Top of the page Blood Glucose Test OverviewA blood
glucose test measures the amount of a type of sugar, called glucose, in your
blood. Glucose comes from
carbohydrate foods. It is the main source of energy
used by the body.
Insulin is a
hormone that helps your body’s cells use the glucose.
Insulin is produced in the
pancreas and released into the blood when the amount
of glucose in the blood rises. Normally, your blood glucose levels
increase slightly after you eat. This increase causes your pancreas to release
insulin so that your blood glucose levels do not get too high. Blood glucose
levels that remain high over time can damage your eyes, kidneys, nerves, and
blood vessels. There are several different types of blood glucose tests.
Fasting blood sugar (FBS). This test measures blood glucose after you have not eaten for at least 8
hours. It is often the first test done to check for prediabetes and diabetes.
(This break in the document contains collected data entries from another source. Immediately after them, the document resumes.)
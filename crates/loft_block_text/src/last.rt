//! How a scheduler stands in the end.

ghost use Rattle.std.specs.Prelude.{◌++◌, map, codes};
ghost use Rattle.std.specs.Fmt.{signed_decimal};
ghost use Rattle.loft_value_text.specs.Appending.{Appends};
ghost use Rattle.loft_orders.specs.Text.{space};
ghost use Rattle.loft_orders.specs.Lines.{text_of};
ghost use Rattle.loft_sense.specs.Heads.{shared_of};
ghost use Rattle.loft_history.specs.Report.{standing_line, shared_lines, final_lines};

use loft_base::SchedId;
use loft_instant_text::push_thread;
use loft_orders::{FinalState, Standing};
use loft_tree::Heads;
use loft_value_text::TextWriter;

/// The final state of a scheduler's block: how many threads are linked, each with its state, and the scheduler's shared
/// variables with their values (docs/REPORT.md, "The final state").
#[tactic(auto, using(crate::proofs::StandingLemmas::final_parts))]
pub fn push_final<W: TextWriter>(text: &mut W, heads: &Heads, s: SchedId, last: &FinalState)
    ensures { Appends W.is_whole W.kept W.extended text.old text.new
        (text_of (final_lines heads.now s last.now.linked last.now.shared)) }
{
    text.text("state ");
    text.number(last.linked.len() as u64);
    text.byte(b'\n');
    push_standings(text, heads, last.linked.as_slice());
    push_values(text, heads, s, last.shared.as_slice());
}

/// A line for each linked thread.
fn push_standings<W: TextWriter>(text: &mut W, heads: &Heads, linked: &[Standing])
    ensures { Appends W.is_whole W.kept W.extended text.old text.new
        (text_of (map (standing_line heads.now) linked.now)) }
{
    for standing in linked {
        push_standing(text, heads, standing);
        text.byte(b'\n');
    }
}

/// The line of a linked thread, without its line feed.
fn push_standing<W: TextWriter>(text: &mut W, heads: &Heads, standing: &Standing)
    ensures { Appends W.is_whole W.kept W.extended text.old text.new
        (standing_line heads.now standing.now) }
{
    text.text(if standing.suspended {
        "suspended "
    } else {
        "linked "
    });
    push_thread(text, heads, &standing.thread);
}

/// A line for each shared variable of the scheduler, as long as there are values.
fn push_values<W: TextWriter>(text: &mut W, heads: &Heads, s: SchedId, values: &[i64])
    ensures { Appends W.is_whole W.kept W.extended text.old text.new
        (text_of (shared_lines heads.now (shared_of heads.now s) values.now)) }
{
    let mut left = values;
    for head in heads.shared.as_slice() {
        if s.0 == head.scheduler.0 {
            let Some((value, rest)) = left.split_first() else {
                return;
            };
            push_value(text, head.name.as_slice(), *value);
            text.byte(b'\n');
            left = rest;
        }
    }
}

/// The line of a shared variable with its value, without its line feed.
fn push_value<W: TextWriter>(text: &mut W, name: &[u8], value: i64)
    ensures { Appends W.is_whole W.kept W.extended text.old text.new
        (codes "shared " ++ (name.now ++ (space ++ signed_decimal value))) }
{
    text.text("shared ");
    text.bytes(name);
    text.byte(b' ');
    text.signed(value);
}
2-hour postprandial blood sugar. This test measures blood glucose exactly 2 hours after
you start eating a meal. This is not a test used to diagnose diabetes. This test is used to see if someone with diabetes is taking the right amount of insulin with meals.

Random blood sugar (RBS). It measures blood glucose regardless of when you last ate. Several random
measurements may be taken throughout the day. Random testing is useful because
glucose levels in healthy people do not vary widely throughout the day. Blood
glucose levels that vary widely may mean a problem. This test is also
called a casual blood glucose test.

Oral glucose tolerance test. This test is
used to diagnose prediabetes and diabetes. An oral glucose
tolerance test is a series of blood glucose measurements taken after you drink
a sweet liquid that contains glucose. This test is commonly used to diagnose
diabetes that occurs during pregnancy (gestational diabetes). Women who had high blood sugar levels during pregnancy may have oral glucose tolerance tests after pregnancy.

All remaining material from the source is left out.